In terms of the schizotypy connection, the paper you cite finds many detrimental facets of negative schizotypy, but beneficial aspects of positive schizotypy (some of which I'm not impressed by; they seem to be things like "if they're in a cult, they're happier with the cult" and "sometimes the hallucinations say nice things to them"). But my impression is that in general, negative schizotypy is genetically correlated with schizophrenia, but positive schizotypy mostly isn't. See eg https://www.frontiersin.org/journals/psychiatry/articles/10.3389/fpsyt.2015.00143/full
"While positive schizotypy is the underlying dimension explaining psychotic features, it is not necessarily related to Krankheitswert. Negative schizotypy, however, appears closely related to schizophrenia regarding its heritability"
...and https://www.cambridge.org/core/services/aop-cambridge-core/content/view/47381AEC2205356A81390D3D214CF4B9/S0007125022001799a.pdf/relationship_between_polygenic_risk_scores_and_symptom_dimensions_of_schizophrenia_and_schizotypy_in_multiplex_families_with_schizophrenia.pdf
"These results provide genetic evidence in support of the spectrum model of schizophrenia, and support the view that negative and disorganised symptoms may have greater genetic basis than positive symptoms, making them better indices of familial liability to schizophrenia"...We further note that the association of SCZ PRS with only the negative dimension of schizotypy is in agreement with previous epidemiological findings that show familial predisposition to SCZ in the relatives of probands without a history of a psychotic episode is likely to be better indexed by the negative symptoms."

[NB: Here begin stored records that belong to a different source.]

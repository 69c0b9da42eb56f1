//! A byte server: frames in, frames out, over anything that reads and writes.
//!
//! A [`Link`] is a connection that owns its stream and speaks a [`Protocol`]: in frames, a
//! [`FrameProtocol`], which asks an [`Asker`] each request once, and writes the answers: a reply, a
//! fault, or, for a number that was answered before, the same frame again. Where nothing else is to
//! be done meanwhile, [`drive`] reads and writes for a protocol, and [`serve`] for one in frames.
//! A session may outlive its connection: [`first_opening`] says how a connection begins, a
//! [`FrameProtocol`] speaks for a [`ClientSession`] and leaves it [`Parted`], and a
//! [`SessionTable`] has the sessions of a server: those that connections have, and those without
//! one, the [`KeptSessions`]. [`Served`] says why a connection ended. [`tell_callers_spent`] is
//! what a client is told whose connection is not served. The other end is [`call`], which sends one
//! request and waits, or a [`WireClient`], which has up to 16 requests in flight, and whose session
//! may go on over another connection. [`laws`] says that the output does not depend on how the
//! input was cut.
#![tactic(auto)]

mod asker;
mod calls;
mod client_session;
mod driving;
mod due;
mod frame_protocol;
mod greeting;
mod intake;
mod kept_sessions;
pub mod laws;
mod link;
mod openings;
mod parted;
mod read_size;
mod refusing;
mod served;
mod server;
mod session_table;
mod step;
mod told;
mod wire_client;
mod write_bytes;

pub use asker::{Asked, Asker};
pub use calls::{CallFault, call, call_2};
pub use client_session::ClientSession;
pub use driving::drive;
pub use due::Due;
pub use frame_protocol::FrameProtocol;
pub use greeting::first_opening;
pub use kept_sessions::{KeptSession, KeptSessions};
pub use link::connection::Link;
pub use link::marks::{Marks, NoMarks};
pub use link::protocol::Protocol;
pub use link::stage::{Stage, Step};
pub use link::stream::{Pair, Stream};
pub use openings::{tell_callers_spent, tell_no_session, tell_opened, tell_session_known};
pub use parted::Parted;
pub use read_size::ReadSize;
pub use served::Served;
pub use server::serve;
pub use session_table::{BeginRefusal, HeldSession, Resumed, SessionTable};
pub use wire_client::sessions::{BeginFault, CloseFault, OpenFault, ResumeFault};
pub use wire_client::{AgainFault, ReceiveFault, SendFault, WireClient};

A simpler test of your thesis is whether schizophrenia risk is associated with creativity directly. https://www.ncbi.nlm.nih.gov/pmc/articles/PMC4590283/ looks at this and finds yes, but weakly. Given the polygenic scoring ability we actually have, someone in the 99.9th percentile of schizophrenia risk is about 0.2 percentage points more likely to have a creative job than someone at the median. Given hypothetical perfect scoring ability, it's 1.75 pp (these look larger as relative effects, 20% and 175% respectively). I'm not sure how much this actually reflects increased creativity compared to less suitability for other jobs and/or more interest in creative ones. I think profession in this study was something like self-rated; there are lots of schizophrenic-seeming people who think they're musicians, artists, and writers; but fewer who have convinced others.
It's implausible that any substantial portion of the population will be selected for low schizophrenia risk, because even if everyone in the population opts for polygenic selection, most people will be selecting for other things like low diabetes risk or whatever. The people most likely to select for low schizophrenia risk would be people in families with high likelihood of schizophrenia, or people who incidentally notice that one of their eggs has very high schizophrenia risk.
So the way I would think about this is that now when polygenic scores are weak, given the weak schizophrenia->creativity correlation, nothing we do to imputed schizophrenia risk can affect creativity much. Later, when polygenic scores are strong, we'll be able to identify embryos at very high risk to actually get schizophrenia, without lowering overall risk significantly on a population-wide level (and in fact we won't want to, since if the kid probably won't get schizophrenia we'd rather use that selection ability to prevent heart attacks or whatever).